Information shown
= = = = = = =
//! What is wrong with a deployment.
#![tactic(auto)]

mod circles;
mod deployment;
mod names;
mod surrounded;
mod text;
mod twice;

pub use circles::are_needless;
pub use deployment::{Found, Together, all_decls, faults, faults_among};
pub use names::are_nameless;
pub use twice::are_chainless;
= = = = = = =
Your assignment
All of the data above should be transcribed exactly.

Written solution
//! What is wrong with a deployment.
#![tactic(auto)]

mod circles;
mod deployment;
mod names;
mod surrounded;
mod text;
mod twice;

pub use circles::are_needless;
pub use deployment::{Found, Together, all_decls, faults, faults_among};
pub use names::are_nameless;
pub use twice::are_chainless;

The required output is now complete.